**Extracted data**
::::::::

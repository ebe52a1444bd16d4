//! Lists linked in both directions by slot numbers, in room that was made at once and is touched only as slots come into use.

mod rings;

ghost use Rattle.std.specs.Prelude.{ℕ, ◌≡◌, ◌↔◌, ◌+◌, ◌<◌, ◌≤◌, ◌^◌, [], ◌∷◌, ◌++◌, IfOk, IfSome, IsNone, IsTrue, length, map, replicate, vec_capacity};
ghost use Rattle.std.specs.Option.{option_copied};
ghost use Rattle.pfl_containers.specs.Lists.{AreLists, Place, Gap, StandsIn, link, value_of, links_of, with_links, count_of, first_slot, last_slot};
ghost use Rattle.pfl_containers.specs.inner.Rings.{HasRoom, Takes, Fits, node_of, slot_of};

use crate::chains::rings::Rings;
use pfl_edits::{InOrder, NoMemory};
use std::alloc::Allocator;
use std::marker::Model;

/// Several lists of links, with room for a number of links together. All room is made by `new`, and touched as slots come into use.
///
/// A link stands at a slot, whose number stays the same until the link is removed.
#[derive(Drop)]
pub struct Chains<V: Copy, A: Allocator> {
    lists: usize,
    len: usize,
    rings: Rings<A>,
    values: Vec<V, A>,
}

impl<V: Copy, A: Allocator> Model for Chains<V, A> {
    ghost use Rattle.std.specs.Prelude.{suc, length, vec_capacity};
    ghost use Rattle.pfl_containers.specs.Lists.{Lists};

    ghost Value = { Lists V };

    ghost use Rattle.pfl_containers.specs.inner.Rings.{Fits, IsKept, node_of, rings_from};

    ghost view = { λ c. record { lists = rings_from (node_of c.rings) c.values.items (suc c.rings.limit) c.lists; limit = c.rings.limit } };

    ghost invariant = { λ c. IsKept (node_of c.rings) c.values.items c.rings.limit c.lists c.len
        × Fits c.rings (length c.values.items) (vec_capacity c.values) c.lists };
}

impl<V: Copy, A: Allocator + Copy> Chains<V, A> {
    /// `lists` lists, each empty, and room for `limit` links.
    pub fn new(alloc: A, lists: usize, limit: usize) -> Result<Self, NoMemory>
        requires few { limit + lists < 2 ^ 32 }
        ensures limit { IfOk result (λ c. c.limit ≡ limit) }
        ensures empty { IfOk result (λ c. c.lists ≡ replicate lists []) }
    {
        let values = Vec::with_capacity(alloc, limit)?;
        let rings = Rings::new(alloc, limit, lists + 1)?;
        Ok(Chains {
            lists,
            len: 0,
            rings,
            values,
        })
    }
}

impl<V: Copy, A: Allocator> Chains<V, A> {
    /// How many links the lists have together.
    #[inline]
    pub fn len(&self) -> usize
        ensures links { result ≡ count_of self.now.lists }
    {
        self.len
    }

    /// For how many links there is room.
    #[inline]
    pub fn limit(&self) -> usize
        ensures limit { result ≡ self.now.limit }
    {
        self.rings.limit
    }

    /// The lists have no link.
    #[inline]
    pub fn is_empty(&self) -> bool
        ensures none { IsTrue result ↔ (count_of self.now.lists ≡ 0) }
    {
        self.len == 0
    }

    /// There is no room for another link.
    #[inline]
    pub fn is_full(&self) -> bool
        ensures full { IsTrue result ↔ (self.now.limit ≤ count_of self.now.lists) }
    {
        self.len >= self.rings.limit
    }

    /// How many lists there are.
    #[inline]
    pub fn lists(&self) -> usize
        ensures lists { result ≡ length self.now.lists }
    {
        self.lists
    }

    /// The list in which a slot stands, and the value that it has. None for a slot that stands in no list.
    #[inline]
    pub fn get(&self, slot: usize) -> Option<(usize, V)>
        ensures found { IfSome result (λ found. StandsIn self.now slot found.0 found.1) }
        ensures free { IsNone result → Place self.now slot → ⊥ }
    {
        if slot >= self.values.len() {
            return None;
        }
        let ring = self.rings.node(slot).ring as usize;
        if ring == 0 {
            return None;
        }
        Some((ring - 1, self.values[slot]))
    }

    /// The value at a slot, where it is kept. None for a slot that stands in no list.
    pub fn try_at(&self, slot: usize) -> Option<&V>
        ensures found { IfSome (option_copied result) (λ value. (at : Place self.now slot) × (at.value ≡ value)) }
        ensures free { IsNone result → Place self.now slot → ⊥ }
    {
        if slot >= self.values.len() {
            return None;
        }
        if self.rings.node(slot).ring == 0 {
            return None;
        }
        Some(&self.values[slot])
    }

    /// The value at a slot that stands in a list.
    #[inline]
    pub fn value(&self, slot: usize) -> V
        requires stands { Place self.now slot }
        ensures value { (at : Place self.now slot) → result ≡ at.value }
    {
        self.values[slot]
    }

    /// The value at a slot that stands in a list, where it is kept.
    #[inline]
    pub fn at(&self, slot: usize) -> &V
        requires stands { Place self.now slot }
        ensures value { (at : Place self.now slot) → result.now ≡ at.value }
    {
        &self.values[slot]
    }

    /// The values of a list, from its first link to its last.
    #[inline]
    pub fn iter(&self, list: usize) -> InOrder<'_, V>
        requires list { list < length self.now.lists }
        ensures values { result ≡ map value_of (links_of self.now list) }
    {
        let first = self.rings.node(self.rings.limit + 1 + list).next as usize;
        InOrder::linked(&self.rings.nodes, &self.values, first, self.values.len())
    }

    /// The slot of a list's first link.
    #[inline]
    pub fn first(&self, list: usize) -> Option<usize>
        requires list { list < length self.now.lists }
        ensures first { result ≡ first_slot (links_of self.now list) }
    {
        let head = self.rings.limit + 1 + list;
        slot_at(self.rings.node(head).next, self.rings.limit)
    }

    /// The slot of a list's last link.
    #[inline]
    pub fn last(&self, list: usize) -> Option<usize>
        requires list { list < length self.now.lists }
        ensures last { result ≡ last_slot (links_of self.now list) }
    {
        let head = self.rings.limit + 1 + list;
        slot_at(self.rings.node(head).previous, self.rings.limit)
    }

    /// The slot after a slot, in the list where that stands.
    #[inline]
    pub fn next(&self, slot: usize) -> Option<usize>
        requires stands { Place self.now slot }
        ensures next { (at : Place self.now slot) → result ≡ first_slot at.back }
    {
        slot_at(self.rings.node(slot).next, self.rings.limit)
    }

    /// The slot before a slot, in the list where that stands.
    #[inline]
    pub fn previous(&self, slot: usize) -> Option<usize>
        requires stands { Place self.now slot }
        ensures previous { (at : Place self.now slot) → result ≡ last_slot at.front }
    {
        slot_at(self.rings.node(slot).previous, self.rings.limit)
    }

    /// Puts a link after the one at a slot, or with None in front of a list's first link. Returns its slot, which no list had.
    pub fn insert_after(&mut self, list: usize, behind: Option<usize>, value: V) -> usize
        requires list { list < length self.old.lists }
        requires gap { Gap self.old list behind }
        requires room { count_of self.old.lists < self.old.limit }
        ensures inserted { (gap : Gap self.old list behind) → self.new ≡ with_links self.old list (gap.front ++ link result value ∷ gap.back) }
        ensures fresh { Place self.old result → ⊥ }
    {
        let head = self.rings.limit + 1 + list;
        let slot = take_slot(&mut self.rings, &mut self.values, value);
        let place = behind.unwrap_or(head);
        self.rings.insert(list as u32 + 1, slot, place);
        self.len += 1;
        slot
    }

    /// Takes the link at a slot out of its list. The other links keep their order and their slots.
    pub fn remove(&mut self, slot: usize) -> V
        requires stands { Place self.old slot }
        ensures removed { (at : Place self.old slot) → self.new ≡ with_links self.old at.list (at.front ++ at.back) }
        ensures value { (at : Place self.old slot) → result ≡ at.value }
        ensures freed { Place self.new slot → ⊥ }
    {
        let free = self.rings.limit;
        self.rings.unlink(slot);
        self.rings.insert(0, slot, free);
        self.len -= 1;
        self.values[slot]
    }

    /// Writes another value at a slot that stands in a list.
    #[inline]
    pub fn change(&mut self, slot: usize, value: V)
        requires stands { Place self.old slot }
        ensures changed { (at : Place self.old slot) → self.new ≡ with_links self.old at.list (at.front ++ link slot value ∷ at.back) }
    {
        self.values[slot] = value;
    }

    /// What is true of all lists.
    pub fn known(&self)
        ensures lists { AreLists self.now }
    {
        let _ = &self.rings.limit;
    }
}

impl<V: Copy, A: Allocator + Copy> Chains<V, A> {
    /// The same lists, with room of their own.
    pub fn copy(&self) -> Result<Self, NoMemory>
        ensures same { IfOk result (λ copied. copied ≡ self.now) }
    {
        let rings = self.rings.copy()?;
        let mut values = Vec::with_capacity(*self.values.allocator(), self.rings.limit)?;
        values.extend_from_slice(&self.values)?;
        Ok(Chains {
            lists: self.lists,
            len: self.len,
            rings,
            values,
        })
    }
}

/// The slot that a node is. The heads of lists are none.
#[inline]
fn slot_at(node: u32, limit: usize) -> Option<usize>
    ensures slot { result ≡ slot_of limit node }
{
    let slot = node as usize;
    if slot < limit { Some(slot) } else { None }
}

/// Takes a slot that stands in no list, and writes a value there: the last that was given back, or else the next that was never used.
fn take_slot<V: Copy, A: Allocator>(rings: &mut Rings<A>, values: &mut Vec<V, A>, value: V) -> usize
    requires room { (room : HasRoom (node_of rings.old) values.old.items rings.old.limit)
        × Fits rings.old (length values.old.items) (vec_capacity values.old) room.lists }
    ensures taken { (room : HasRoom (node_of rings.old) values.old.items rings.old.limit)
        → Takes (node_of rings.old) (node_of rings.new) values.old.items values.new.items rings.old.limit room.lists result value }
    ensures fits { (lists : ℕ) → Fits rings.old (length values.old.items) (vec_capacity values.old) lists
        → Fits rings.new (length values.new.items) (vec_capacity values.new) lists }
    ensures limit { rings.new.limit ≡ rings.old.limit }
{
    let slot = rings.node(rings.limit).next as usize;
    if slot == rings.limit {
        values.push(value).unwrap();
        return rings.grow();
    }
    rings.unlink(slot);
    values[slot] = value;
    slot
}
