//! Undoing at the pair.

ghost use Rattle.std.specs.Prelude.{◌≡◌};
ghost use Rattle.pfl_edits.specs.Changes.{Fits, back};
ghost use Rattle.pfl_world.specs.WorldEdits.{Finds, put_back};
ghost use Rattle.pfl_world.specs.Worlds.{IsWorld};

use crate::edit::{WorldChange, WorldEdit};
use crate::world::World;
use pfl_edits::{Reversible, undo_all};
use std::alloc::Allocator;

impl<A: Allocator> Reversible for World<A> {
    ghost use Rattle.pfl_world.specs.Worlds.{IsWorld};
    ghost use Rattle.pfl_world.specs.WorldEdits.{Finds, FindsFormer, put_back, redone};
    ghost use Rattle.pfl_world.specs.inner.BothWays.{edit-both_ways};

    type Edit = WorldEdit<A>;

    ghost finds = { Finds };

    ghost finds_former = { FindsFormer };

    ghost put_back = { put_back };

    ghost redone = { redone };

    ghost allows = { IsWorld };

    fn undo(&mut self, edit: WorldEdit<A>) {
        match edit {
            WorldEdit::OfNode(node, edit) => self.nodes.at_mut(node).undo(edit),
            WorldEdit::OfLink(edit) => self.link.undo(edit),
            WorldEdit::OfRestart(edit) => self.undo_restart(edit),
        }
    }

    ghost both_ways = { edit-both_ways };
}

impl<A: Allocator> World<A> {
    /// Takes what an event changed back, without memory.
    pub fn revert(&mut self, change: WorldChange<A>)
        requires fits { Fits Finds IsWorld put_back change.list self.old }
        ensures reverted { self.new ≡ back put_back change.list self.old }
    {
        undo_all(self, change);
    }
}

::::::::

**Task**
Among the lines above, count those containing "NoMemory" and give only that count.

**Task response**
3